Un autunno senza castagne per colpa della vespa cinese. L’allarme è stato lanciato dall’ISPRA (Istituto superiore per la protezione e la ricerca ambientale) che, in uno studio recentemente pubblicato, ha mostrato come la presenza dell’insetto alloctono abbia causato seri danno alle colture di castagne.
Crollo della produzione
Secondo i dati dell’ISPRA, la vespa cinese avrebbe già devastato buona parte dei castagneti del nostro Paese. «Il cinipide galligeno del castagno (Dryocosmus kuriphilus Yasumatsu), meglio noto come vespa cinese, è un parassita originario del Nord della Cina, ormai diffuso anche nei castagneti italiani – ha spiegato ISPRA –. In appena due decenni ha già causato una riduzione della produzione di castagne dal 60 all’80% nel periodo di massima diffusione. In Italia, i boschi di castagno rappresentano circa il 7,5% del totale della superficie forestale nazionale; i castagneti sono un importante patrimonio forestale, in gran parte impiantato dall’uomo, la cui presenza si concentra soprattutto in Piemonte, Toscana, Liguria (che insieme rappresentano il 50% del patrimonio nazionale dei castagneti), oltre che in Lombardia, Calabria, Campania, Emilia Romagna e Lazio».
L’alieno che viene dall’Oriente
Come ha potuto la vespa cinese dilagare con tanta velocità nel nostro Paese?
«La sua diffusione è avvenuta, in un primo momento, attraverso materiale vivaistico infetto e, successivamente, mediante il volo attivo delle femmine e il trasporto accidentale delle stesse ad opera dell’uomo», ha spiegato ISPRA.
L’aiuto degli antagonisti naturali
Debellare la vespa cinese si è rivelata impresa non da poco: in Italia, infatti, non sono autorizzati prodotti chimici per il controllo del cinipide nei castagneti.
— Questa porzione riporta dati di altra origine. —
//! Which words are of a form.
ghost use Rattle.std.specs.{Prelude.{◌≡◌, map, length}, List.{list_all, list_any}, String.{string_bytes}};
ghost use Rattle.command_words.specs.Forms.{is_plain as is_plain_word, is_verb as is_a_verb, is_form, takes as the_verb_takes, verb_of, verbs};

/// A stated form: a verb, and what each word behind it names.
#[derive(Clone, Copy)]
pub struct Form {
    pub verb: &'static str,
    pub words: &'static [&'static str],
}

/// The table of forms: a row for each verb.
static FORMS: [Form; 12] = [
    Form {
        verb: "build",
        words: &["OIL", "CODE", "IMAGE"],
    },
    Form {
        verb: "replay",
        words: &["IMAGE", "MODE", "EVENTS"],
    },
    Form {
        verb: "trace",
        words: &["OIL", "CODE", "MODE", "EVENTS"],
    },
    Form {
        verb: "show",
        words: &["OIL", "CODE"],
    },
    Form {
        verb: "report",
        words: &["OIL", "CODE"],
    },
    Form {
        verb: "gen",
        words: &["SEED", "TASKS"],
    },
    Form {
        verb: "info",
        words: &["IMAGE"],
    },
    Form {
        verb: "upgrade",
        words: &["IN", "OUT"],
    },
    Form {
        verb: "certify",
        words: &["OIL", "CODE", "IMAGE", "TABLE"],
    },
    Form {
        verb: "check",
        words: &["IMAGE", "TABLE"],
    },
    Form {
        verb: "record",
        words: &["IMAGE", "MODE", "EVENTS"],
    },
    Form {
        verb: "watch",
        words: &["OIL", "CODE", "RECORD"],
    },
];

/// The stated forms, one of each verb.
pub fn forms() -> &'static [Form]
    ensures { map verb_of result.now ≡ verbs }
{
    FORMS.as_slice()
}

fn is_plain(word: &str) -> bool
    ensures { result ≡ is_plain_word word.now }
{
    match word.as_bytes() {
        [] => false,
        [first, ..] => *first != b'-',
    }
}

fn are_plain(words: &[String]) -> bool
    ensures { result ≡ list_all (λ w. is_plain_word (string_bytes w)) words.now }
{
    words.iter().all(|word| is_plain(word.as_str()))
}

/// Whether the verb is the form's, and takes so many words.
fn takes(form: &Form, verb: &str, count: usize) -> bool
    ensures { result ≡ the_verb_takes (verb_of form.now) verb.now count }
{
    form.verb == verb && count == form.words.len()
}

fn any_takes(forms: &[Form], verb: &str, count: usize) -> bool
    ensures { result ≡ list_any (λ form. the_verb_takes (verb_of form) verb.now count) forms.now }
{
    forms.iter().any(|form| takes(form, verb, count))
}

#[tactic(auto, using(osek_values::proofs::Lists::any_of_map))]
fn is_verb(verb: &str, count: usize) -> bool
    ensures { result ≡ is_a_verb verb.now count }
{
    any_takes(forms(), verb, count)
}

/// Whether there is a verb behind the program's name, and behind it as many words as it takes. No word is empty or
/// begins with `-`.
pub fn has_form(words: &[String]) -> bool
    ensures { result ≡ is_form (map string_bytes words.now) }
{
    match words {
        [_, verb, rest @ ..] => are_plain(rest) && is_verb(verb, rest.len()),
        _ => false,
    }
}
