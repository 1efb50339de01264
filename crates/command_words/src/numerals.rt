//! Numbers among the words.
ghost use Rattle.std.specs.{Prelude.{◌≡◌, option_map}, Char.{is_ascii_digit}, List.{list_all}, Str.{all_ascii_digits}};
ghost use Rattle.command_words.specs.Numerals.{number_of as the_number, seed_of as the_seed, tasks_of as the_tasks};

use osek_values::limits::MAX_TASKS;

/// The most digits of a seed.
const MAX_SEED_DIGITS: usize = 20;

fn is_digit(byte: u8) -> bool
    ensures { result ≡ is_ascii_digit byte }
{
    byte.is_ascii_digit()
}

fn are_digits(bytes: &[u8]) -> bool
    ensures { result ≡ list_all is_ascii_digit bytes.now }
{
    bytes.iter().all(|byte| is_digit(*byte))
}

#[tactic(auto, using(crate::proofs::Digits::all_digits))]
fn is_number(word: &str) -> bool
    ensures { result ≡ all_ascii_digits word.now }
{
    are_digits(word.as_bytes())
}

/// The value of a word of digits.
fn number_of(word: &str) -> Option<u64>
    ensures { result ≡ the_number word.now }
{
    if !is_number(word) {
        return None;
    }
    match word.parse::<u64>() {
        Ok(number) => Some(number),
        Err(_) => None,
    }
}

/// The seed that a word says.
pub fn seed_of(word: &str) -> Option<u64>
    ensures { result ≡ the_seed word.now }
{
    if word.len() > MAX_SEED_DIGITS {
        return None;
    }
    number_of(word)
}

/// The number of tasks that a word says.
pub fn tasks_of(word: &str) -> Option<u32>
    ensures { result ≡ the_tasks word.now }
{
    match number_of(word) {
        Some(number) => {
            if number > 0 && number <= MAX_TASKS as u64 {
                Some(number as u32)
            } else {
                None
            }
        }
        None => None,
    }
}
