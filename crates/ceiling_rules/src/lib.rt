//! The priority ceiling protocol (ISO 17356-3, OSEK priority ceiling protocol): ceilings, current priorities, interrupt
//! levels, and the two resource services, of tasks and of category 2 ISRs.
#![tactic(auto)]

ghost use Rattle.std.specs.{Prelude.{◌≡◌, ◌*◌, ◌<◌, length, Some, None, IsTrue, [], not, All, if◌then◌else◌}, List.{cons_option, list_any}};
ghost use Rattle.osek_standard.specs.{TaskStates.{is_live, held, holds}, States.{task_state, is_taken as is_taken_by, held_by_source}};
ghost use Rattle.osek_standard.specs.Priority.{base_priority as base_priority_of, ceiling as ceiling_of, current_priority as current_priority_of, highest as highest_of};
ghost use Rattle.osek_standard.specs.Services.{answer, maybe_if, is_on_top as is_on_top_of, get_resource as get_resource_row, release_resource as release_resource_row};
ghost use Rattle.osek_standard.specs.{Well.{Well}, Validity.{is_internal}, Internal.{internal_of}};

mod interrupts;

pub use interrupts::{get_resource_isr, interrupt_ceiling, level, release_resource_isr};
use osek_standard::{Activity, App, Source, State, TaskState};
use osek_values::{Ask, ResNo, Status, TaskNo};

/// The ceiling priority of a resource.
pub fn ceiling(app: &App, resource: ResNo) -> u32
    requires { resource.0 < length app.now.resources }
    ensures { result ≡ ceiling_of app.now resource.0 }
{
    app.resource(resource).ceiling
}

/// The base of a task's priorities, on the scale of the ceilings.
fn base_priority(app: &App, task: TaskNo) -> u32
    requires { task.0 < length app.now.tasks }
    ensures { result ≡ base_priority_of app.now task.0 }
{
    2 * app.task(task).priority as u32
}

/// The greatest of a priority and the ceilings of these resources.
#[tactic(auto, unfolding(osek_standard::specs::Priority::highest))]
fn highest(app: &App, base: u32, resources: &[ResNo]) -> u32
    requires { All (λ r. r.0 < length app.now.resources) resources.now }
    ensures { result ≡ highest_of app.now base resources.now }
{
    let mut priority = base;
    for resource in resources {
        priority = priority.max(ceiling(app, *resource));
    }
    priority
}

// with the ceiling of its INTERNAL resource, where a task is inside
#[tactic(auto, unfolding(osek_standard::specs::Priority::highest))]
fn inside_priority(app: &App, task: TaskNo, inside: bool) -> u32
    requires { task.0 < length app.now.tasks }
    ensures { result ≡ highest_of app.now (base_priority_of app.now task.0) (cons_option (if inside then internal_of app.now task.0 else None) []) }
{
    let base = base_priority(app, task);
    if !inside {
        return base;
    }
    match app.task(task).internal {
        Some(resource) => base.max(ceiling(app, resource)),
        None => base,
    }
}

/// The current priority of a Live task: the greatest of its base, the ceilings of the resources that it holds and, where
/// it is inside, that of its INTERNAL resource.
pub fn current_priority(app: &App, state: &State, task: TaskNo) -> u32
    requires known { task.0 < length app.now.tasks }
    requires well { Well app.now state.now }
    requires live { IsTrue (is_live (task_state state.now task.0)) }
    ensures { result ≡ current_priority_of app.now state.now task.0 }
{
    match &state.task(task).activity {
        Activity::Live(standing) => highest(
            app,
            inside_priority(app, task, standing.inside),
            standing.held.as_slice(),
        ),
        Activity::Suspended | Activity::Waiting(_) => base_priority(app, task),
    }
}

fn a_task_holds(tasks: &[TaskState], resource: ResNo) -> bool
    ensures { result ≡ list_any (λ x. holds (held x) resource.0) tasks.now }
{
    tasks.iter().any(|task| task.holds(resource))
}

fn a_routine_holds(sources: &[Source], resource: ResNo) -> bool
    ensures { result ≡ list_any (λ x. holds (held_by_source x) resource.0) sources.now }
{
    sources.iter().any(|source| source.holds(resource))
}

/// Whether the stack of some task or routine has the resource.
fn is_taken(state: &State, resource: ResNo) -> bool
    ensures { result ≡ is_taken_by state.now resource.0 }
{
    a_task_holds(state.tasks.as_slice(), resource)
        || a_routine_holds(state.sources.as_slice(), resource)
}

/// GetResource of a task.
#[tactic(auto, unfolding(osek_standard::specs::Services::get_resource))]
pub fn get_resource(app: &App, state: &mut State, task: TaskNo, resource: ResNo) -> Status
    requires known { task.0 < length app.now.tasks }
    requires resource { resource.0 < length app.now.resources }
    requires takable { IsTrue (not (is_internal app.now.resources resource.0)) }
    requires well { Well app.now state.old }
    requires live { IsTrue (is_live (task_state state.old task.0)) }
    ensures row { get_resource_row app.now state.old task.0 resource ≡ answer state.new (Some result) None Ask.No }
    ensures well { Well app.now state.new }
{
    if is_taken(state, resource) || ceiling(app, resource) < base_priority(app, task) {
        return Status::Access;
    }
    if let Activity::Live(standing) = &mut state.task_mut(task).activity {
        standing.held.push(resource);
    }
    Status::Ok
}

/// Whether the resource is the one that the task took last.
fn is_on_top(state: &State, task: TaskNo, resource: ResNo) -> bool
    requires { task.0 < length state.now.tasks }
    ensures { result ≡ is_on_top_of resource.0 (held (task_state state.now task.0)) }
{
    match &state.task(task).activity {
        Activity::Live(standing) => standing.held.last() == Some(resource),
        Activity::Suspended | Activity::Waiting(_) => false,
    }
}

/// ReleaseResource of a task: the resource that was taken last is released first.
#[tactic(auto, unfolding(osek_standard::specs::Services::release_resource))]
pub fn release_resource(app: &App, state: &mut State, task: TaskNo, resource: ResNo) -> Status
    requires known { task.0 < length app.now.tasks }
    requires resource { resource.0 < length app.now.resources }
    requires well { Well app.now state.old }
    requires live { IsTrue (is_live (task_state state.old task.0)) }
    ensures row { release_resource_row app.now state.old task.0 resource ≡ answer state.new (Some result) None (maybe_if result) }
    ensures well { Well app.now state.new }
{
    if ceiling(app, resource) < base_priority(app, task) {
        return Status::Access;
    }
    if !is_on_top(state, task, resource) {
        return Status::NoFunc;
    }
    if let Activity::Live(standing) = &mut state.task_mut(task).activity {
        standing.held.pop();
    }
    Status::Ok
}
La soluzione potrebbe però venire dagli antagonisti naturali della vespa cinese, tra cui il parassitoide specifico Torymus sinensis. «Il parassitoide Torymus sinensis ha già adattato il proprio ciclo biologico a quello della vespa cinese, raggiungendo elevati livelli di parassitizzazione e limitandone la diffusione».